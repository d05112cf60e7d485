//! Copies that a station takes.

ghost use Rattle.std.specs.Prelude.{◌≤◌, length, IfOk, IfErr, IfSome};
ghost use Rattle.jls_io.specs.Event.{GrewBy};
ghost use Rattle.jls_partial.specs.Partial.{PartialPicture};
ghost use Rattle.jls_station.specs.KnownCopies.{BytesGive, TakesBytes, RefusesBytes};
ghost use Rattle.jls_station.specs.TakingCopies.{IsTakenFor, CopyGives, CopyStops, TakesCopy, RefusesCopy};

use crate::copy_end::{CopyGiven, read_of_copy};
use crate::input::{InputFault, ReadStop};
use crate::intakes::read_copy_on;
use crate::station::Station;
use crate::take_report::TakeReport;
use jls_copy::CopyReader;
use jls_io::Source;
use jls_marker::MarkerFault;
use jls_values::MergeFault;
use std::alloc::Global;
use thiserror::Error;

/// Why a station did not take a copy.
#[derive(Clone, Copy, Debug, PartialEq, Eq, Error)]
pub enum TakeFault {
    /// The copy was read whole, and no frame was taken: the fault that ended it, and its offset.
    #[error("no picture: {0} at offset {1}")]
    NoPicture(MarkerFault, u64),
    /// The device stopped before a frame was taken, when it had given so many bytes.
    #[error("not read on after {1} bytes, before a frame was taken")]
    Read(ReadStop, u64),
    /// The frame of the copy has another shape than the station.
    #[error("the shapes differ")]
    ShapeDiffers,
    /// Memory ran out.
    #[error("out of memory")]
    OutOfMemory,
}

/// Why a station doesn't take a copy that is refused so as an input. As a text none is.
fn take_fault(fault: InputFault) -> TakeFault
    requires { (taken : TakeFault) × IsTakenFor fault taken }
    ensures { IsTakenFor fault result }
{
    match fault {
        InputFault::NoPicture(fault, offset) => TakeFault::NoPicture(fault, offset),
        InputFault::Read(stop, count) => TakeFault::Read(stop, count),
        InputFault::OutOfMemory => TakeFault::OutOfMemory,
        InputFault::Text(_) => unreachable!(),
    }
}

/// Reads a copy from its first byte on, as long as more bytes can change what it gives.
fn read_from_start<S: Source>(
    alloc: Global,
    source: Option<u32>,
    device: &mut S,
) -> Result<CopyGiven, TakeFault>
    ensures given { IfOk result (λ given.
        GrewBy (CopyGives source given.partial given.report) (S.history device.old) (S.history device.new)) }
    ensures refused { IfErr result (λ fault. GrewBy (CopyStops fault) (S.history device.old) (S.history device.new)) }
    ensures known { IfOk result (λ given. IfSome (S.remaining device.old) (BytesGive source given.partial given.report.stop)) }
    ensures known_refused { (held : PartialPicture)
        → IfErr result (λ fault. IfSome (S.remaining device.old) (λ bytes. RefusesBytes source held bytes fault)) }
    ensures known_count { IfOk result (λ given. IfSome (S.remaining device.old) (λ bytes. given.report.found.count ≤ length bytes)) }
{
    let mut reader = CopyReader::new(alloc);
    let stop = read_copy_on(device, &mut reader, 0).map_err(|_| TakeFault::OutOfMemory)?;
    read_of_copy(source, reader, stop).map_err(take_fault)
}

impl Station {
    /// Takes in the readings of a damaged copy, under the number of a source if there is one. It reads the copy whole from the device's
    /// current position on, then checks its shape, and then merges. If the device stops after a frame, the copy ends there, and the
    /// report says how it stopped. Reads have room for at most 4,096 bytes, and there are at most 4,294,967,295 of them. None is made
    /// if no further byte can change what the copy gives.
    ///
    /// At `NoPicture`, `Read` and `ShapeDiffers` nothing has changed. After `OutOfMemory` all that was held is still held, with some or
    /// all of the copy's readings and nothing else. A copy that begins as a text does is read as a copy here.
    pub fn take_copy<S: Source>(
        &mut self,
        source: Option<u32>,
        device: &mut S,
    ) -> Result<TakeReport, TakeFault>
        ensures taken { IfOk result (λ report.
            GrewBy (TakesCopy source self.old self.new report) (S.history device.old) (S.history device.new)) }
        ensures refused { IfErr result (λ fault.
            GrewBy (RefusesCopy source self.old self.new fault) (S.history device.old) (S.history device.new)) }
        // Where the bytes of the source are known.
        ensures known { IfOk result (λ report.
            IfSome (S.remaining device.old) (TakesBytes source self.old self.new report.stop)) }
        ensures known_refused { IfErr result (λ fault.
            IfSome (S.remaining device.old) (λ bytes. RefusesBytes source self.old bytes fault)) }
        ensures known_count { IfOk result (λ report. IfSome (S.remaining device.old) (λ bytes. report.found.count ≤ length bytes)) }
    {
        let given = read_from_start(self.allocator(), source, device)?;
        match self.take(&given.partial) {
            Ok(()) => {}
            Err(MergeFault::ShapeDiffers) => return Err(TakeFault::ShapeDiffers),
            Err(MergeFault::OutOfMemory) => return Err(TakeFault::OutOfMemory),
        }
        let CopyGiven { partial: _, report } = given;
        Ok(report)
    }
}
________
ACTION ITEM => Return the lines above precisely as they appear, beginning at the first line and ending at the line with "so many bytes.", and nothing after it.

OUTPUT FOR THIS EXERCISE =>
repository d05112cf60e7d485
//! Copies that a station takes.

ghost use Rattle.std.specs.Prelude.{◌≤◌, length, IfOk, IfErr, IfSome};
ghost use Rattle.jls_io.specs.Event.{GrewBy};
ghost use Rattle.jls_partial.specs.Partial.{PartialPicture};
ghost use Rattle.jls_station.specs.KnownCopies.{BytesGive, TakesBytes, RefusesBytes};
ghost use Rattle.jls_station.specs.TakingCopies.{IsTakenFor, CopyGives, CopyStops, TakesCopy, RefusesCopy};

use crate::copy_end::{CopyGiven, read_of_copy};
use crate::input::{InputFault, ReadStop};
use crate::intakes::read_copy_on;
use crate::station::Station;
use crate::take_report::TakeReport;
use jls_copy::CopyReader;
use jls_io::Source;
use jls_marker::MarkerFault;
use jls_values::MergeFault;
use std::alloc::Global;
use thiserror::Error;

/// Why a station did not take a copy.
#[derive(Clone, Copy, Debug, PartialEq, Eq, Error)]
pub enum TakeFault {
    /// The copy was read whole, and no frame was taken: the fault that ended it, and its offset.
    #[error("no picture: {0} at offset {1}")]
    NoPicture(MarkerFault, u64),
    /// The device stopped before a frame was taken, when it had given so many bytes.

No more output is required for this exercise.